Depois do temporal ^!!!^
Algumas palavras sobre o Black Mekon
Em breve deve chegar o tempo em que, passado o calor desses últimos dias e esfriados os nossos cérebros, a gente consiga falar sobre o que aconteceu conosco durante os doze meses deste ano que agora está se dissolvendo pra sempre. Não o que a imprensa mostrou, nem o que divulgamos, mas o que nós próprios (Francis, Michel, nosso incrível produtor Jack e eu) experimentamos com os nossos sentidos, e que acabou por queimar um grande e incandescente 2009 na nossa pele pro resto da vida como um lembrete, um marco, um fogo no deserto à noite. Sou romântico, desculpem.
Mas também é possível que a gente decida se calar e deixar tudo entre nós como uma jóia de família, como gostamos de fazer muitas vezes, em nome de uma voz interna coletiva que costuma sussurrar divertida e maliciosa: Calem a boca e toquem.
Mas a vontade de falar é grande e indomável e, por enquanto, eu vou representar a banda na tentativa de registrar (e muito mal, que isto é apenas a web) as nossas impressões sobre os três mais recentes dias das nossas vidas, e não espero ser muito bem sucedido na tarefa. Na verdade, este sorriso que estão vendo (sim, vocês de fato podem ver) no meu rosto não me permite explicar muito, por isso, duas palavras: Black.
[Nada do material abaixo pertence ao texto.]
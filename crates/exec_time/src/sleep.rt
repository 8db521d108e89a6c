//! A sleep of a task.
//!
//! A sleep has a deadline from its making (`Waiting`). Its first poll before the deadline registers a sleeper with
//! the worker that polls it (`Registered`). While it is polled by that worker each further poll looks at the sleeper.
//! The first poll by another worker sends the sleeper's worker a message, by which the result is to come to a
//! one-shot (`Forwarded`); from then on each poll looks there, whoever polls. A sleep that is over stays so (`Done`).
//! Moments are in nanoseconds.
//!
//! ```text
//!   Waiting ──poll──▶ Registered ──poll by another worker──▶ Forwarded
//!      └─ deadline passed ─┴─ sleeper gone, or closing ─┴─ result heard ─▶ Done
//! ```
//!
//! The sleeper belongs to its worker. A task that goes to another worker has only the id, and asks by a message. An
//! error ends the sleep, but for want of room for a sleeper, which leaves all as it was.
//!
//! A sleep can't be dropped: who doesn't want it any more lets it go by `release`, also where it is over. Its sleeper
//! is then removed, here where it is this worker's, and elsewhere by a message.

ghost use Rattle.std.specs.Prelude.{◌≡◌, ◌≢◌, ℕ, ◌-◌, ◌<◌, ◌≤◌, [], Some, None, Ok, Err, true, false, IfOk, OnOk, IfErr};
ghost use Rattle.exec_time.specs.{declared.{sleep.TimerMessage.TheVariants.{Cancel, Forward}, timers.{Observer.TheVariants.Local, Sleeper.Sleeper as Sleeping, TimerId.TimerId as TimerName}}, Sleepers.{is_forwarded, completions_of}, Notes.{Adds, HasRoom}};
ghost use Rattle.exec_base.specs.{OneShot.{poll_answer, polled}, Slab.{value_at, removed, written}, declared.error.Error.Error as error};
ghost use Rattle.exec_time.specs.declared.sleep.SleepState.TheVariants as state;

use crate::notes::Notes;
use crate::timers::{TimerId, Timers};
use crate::wheel::TimeoutWheel;
use exec_base::error::Error;
use exec_base::one_shot::OneShot;
use exec_base::post::Post;
use exec_base::task_no::TaskNo;
use std::alloc::Global;
use std::marker::Model;

/// A message to the worker of a sleeper.
#[derive(Drop)]
pub enum TimerMessage<S> {
    /// The result is to be sent by this.
    Forward(TimerId, S),
    /// The sleeper is to be removed.
    Cancel(TimerId),
}

/// How a sleep stands.
#[derive(Clone, Copy)]
pub enum SleepState {
    /// It has no sleeper yet, and ends at this moment.
    Waiting(u64),
    /// It has this sleeper of this worker.
    Registered(u32, TimerId),
    /// It has this sleeper of this worker, which sends the result.
    Forwarded(u32, TimerId),
    /// It is over.
    Done,
}

/// The worker that polls, and how it stands.
#[derive(Clone, Copy)]
pub struct Here {
    /// Its number.
    pub worker: u32,
    /// The moment that it has sampled.
    pub now: u64,
    /// Whether it closes.
    pub closing: bool,
}

/// A sleep. Ports `Sleep`.
pub struct Sleep {
    state: SleepState,
}

impl Model for Sleep {
    ghost use Rattle.exec_time.specs.declared.sleep.SleepState.{SleepState as Stand};

    ghost Value = { Stand };

    ghost view = { λ s. s.state };
}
Mekon.
Não se trata de resgatar na memória os melhores shows que vimos, ou as melhores bandas com quem tocamos, ou as noites em que o clima estava mais mágico e selvagem. Já vimos muito. Vimos de quase tudo. Até aqui foram no mínimo dez anos em quatro, acreditem, e fizemos muito barulho com muita gente boa e muita gente ruim. Acontece que, nessa semana que passou, pouca gente (ok, o Jekyll encheu e o Jack Rabbit quase, o que é bem bom se considerarmos a atual situação do rock local, mas que não se compara ao que rolaria com um pouco mais de informação disseminada por aí) se deu conta de que algo raro e precioso visitou as cidades de Porto Alegre, Cachoeirinha e Sapiranga.
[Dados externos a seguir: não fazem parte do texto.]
//! Laws of runs, each the contract of a function that does nothing.

ghost use Rattle.std.specs.Prelude.{List, ℕ};
ghost use Rattle.fine_model.specs.declared.law.Origin.{Origin};
ghost use Rattle.fine_model.specs.History.{Commit};
ghost use Rattle.run_laws.specs.Going.{CommitsLaw, FewEnd, FewLess, FewMore, FewWait, FullLaw, LaterLaw, NeedCommits, NeedEnds, NeedSealed, NeedStays, NeedStill, SealsLaw, StaysLaw};
ghost use Rattle.run_laws.specs.Lanes.{CutShortLaw};
ghost use Rattle.run_laws.specs.Law.{BehindLaw, DoneLaw, NothingLaw, ReadyLaw, RunLaw, StatusLaw};
ghost use Rattle.run_laws.specs.Reading.{LegalLaw, SeesLaw, UnsoundLaw};
ghost use Rattle.run_laws.specs.SoFar.{BeginsLaw, EndsLaw, FinishedLaw, LaneEndsLaw, NextLaw, RefusedNext, SetsLaw, StepsLaw};
ghost use Rattle.run_laws.specs.Told.{MoreBeside, MoreByLane, ToldMore, ToldStays};
ghost use Rattle.run_laws.specs.Turns.{CausesLaw, InTurnLaw, StaysRefused};

/// The buckets of a body together: that they stand for a history on a log, while an epoch is published.
pub trait BucketsLaw {
    ghost stand_for: { Origin → ℕ → Self → List Commit → Type 0 };
}

/// On a room that was just made of a log a run may begin.
pub fn ready_law()
    ensures { ReadyLaw }
{}

/// On each sound log that the disk told at entry, a run of lanes is a run in the words of the theorem, with its causes, its needs and its fault.
/// With status 0, 6 or 8 the run was done.
pub fn run_law()
    ensures run { RunLaw }
    ensures done { DoneLaw }
{}

/// On each log that the disk told at entry, sound or not, a run of lanes has what a report says beside its text, and names damage only where this log is not sound.
pub fn behind_law()
    ensures { BehindLaw }
{}

/// On every disk the status of a run tells of the disk's count of faults: 6 only where it rose, and 6, or 1 before it, where it is greater.
pub fn status_law()
    ensures { StatusLaw }
{}

/// A run of no transaction, and one for which there was no memory to begin, leave the room as it is.
pub fn nothing_law()
    ensures { NothingLaw }
{}

/// Where transactions are run in the order of the script, their outcomes are those of one history: that of their commits, one after the other.
pub fn in_turn_law()
    ensures { InTurnLaw }
{}

/// Where each transaction that was not run is of a lane that has ended: with no lane ended all was run, and where lanes have ended by a failed disk
/// alone, no more were cut short than it ended.
pub fn cut_short_law()
    ensures { CutShortLaw }
{}

/// What a room refused it would refuse for the same reason as it goes on; and where transactions are run in the order of the script, one that was
/// refused after the commits before it has its cause at the end, where nothing is committed after a refusal as full.
pub fn causes_law()
    ensures stays { StaysRefused }
    ensures causes { CausesLaw }
{}

/// The outcomes so far of a body on one thread: with that of the next transaction, which is set in the list of all, they are those of one more, each that
/// was refused has its cause still, and they stay as a lane ends.
pub fn so_far_law()
    ensures next { NextLaw }
    ensures sets { SetsLaw }
    ensures refused { RefusedNext }
    ensures lane_ends { LaneEndsLaw }
{}

/// The room of a body on one thread goes on: by calls that add and seal nothing, by an entry more, and by a seal, whatever it answers. Where it takes
/// nothing any more, its log is stuck.
pub fn going_law()
    ensures later { LaterLaw }
    ensures stays { StaysLaw }
    ensures commits { CommitsLaw }
    ensures seals { SealsLaw }
    ensures full { FullLaw }
{}

/// How few entries of a lane wait: as some entries wait, as a lane that goes on commits, as one ends with a commit, and as one ends without.
pub fn few_law()
    ensures wait { FewWait }
    ensures more { FewMore }
    ensures end { FewEnd }
    ensures less { FewLess }
{}

/// What epochs were sealed for, as one lane runs: it stays where nothing is sealed, as what waits is sealed, and with a commit more; and as a full group is
/// sealed, it ends so.
pub fn need_law()
    ensures stays { NeedStays }
    ensures still { NeedStill }
    ensures sealed { NeedSealed }
    ensures commits { NeedCommits }
    ensures ends { NeedEnds }
{}

/// What is read through a view of what is sealed: on a sound log its rows agree with the commits up to its epoch, the commits are legal, and no load names
/// damage.
pub fn reading_law()
    ensures sees { SeesLaw }
    ensures legal { LegalLaw }
    ensures unsound { UnsoundLaw }
{}

/// What faults tell (`AreTold`): where no call failed, all stays as it was told; so it does with a fault more, whether it ends a lane or is told beside
/// those of lanes.
pub fn told_law()
    ensures stays { ToldStays }
    ensures more { ToldMore }
    ensures by_lane { MoreByLane }
    ensures beside { MoreBeside }
{}

/// The body on one thread, with buckets of any kind: it begins on a room that is ready, the step of each transaction keeps what holds of it, and it has
/// finished where the view was taken back after the last one, and what waited was sealed.
pub fn body_law<B: BucketsLaw>()
    ensures begins { BeginsLaw B.stand_for }
    ensures steps { StepsLaw B.stand_for }
    ensures ends { EndsLaw B.stand_for }
{}

/// Where the body on one thread has finished, what it leaves is a run.
pub fn finished_law()
    ensures { FinishedLaw }
{}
O Black Mekon apresentou uma sequência de três shows que desenharam uma linha ascendente em forma de navalha. Ela brotou do pequeno palco do Dr Jekyll com um brilho audacioso na noite de quinta-feira, 10 de dezembro, e deixou os presentes se entreolhando com as mentes em faíscas; deslizou em direção ao segundo piso do prédio do Jack Rabbit na noite seguinte, enquanto lá fora o céu desabava trovejando sobre Cachoeirinha; e culminou no sábado sob as luzes do bucólico Bar do Morro numa Sapiranga fria, chuvosa e escura que provavelmente nunca mais vai ter tanta cara de interior da Inglaterra num brilho que partiu duma fagulha rangente, raspou no ar, inchou até o limite e irrompeu num incêndio que nada mais pôde conter.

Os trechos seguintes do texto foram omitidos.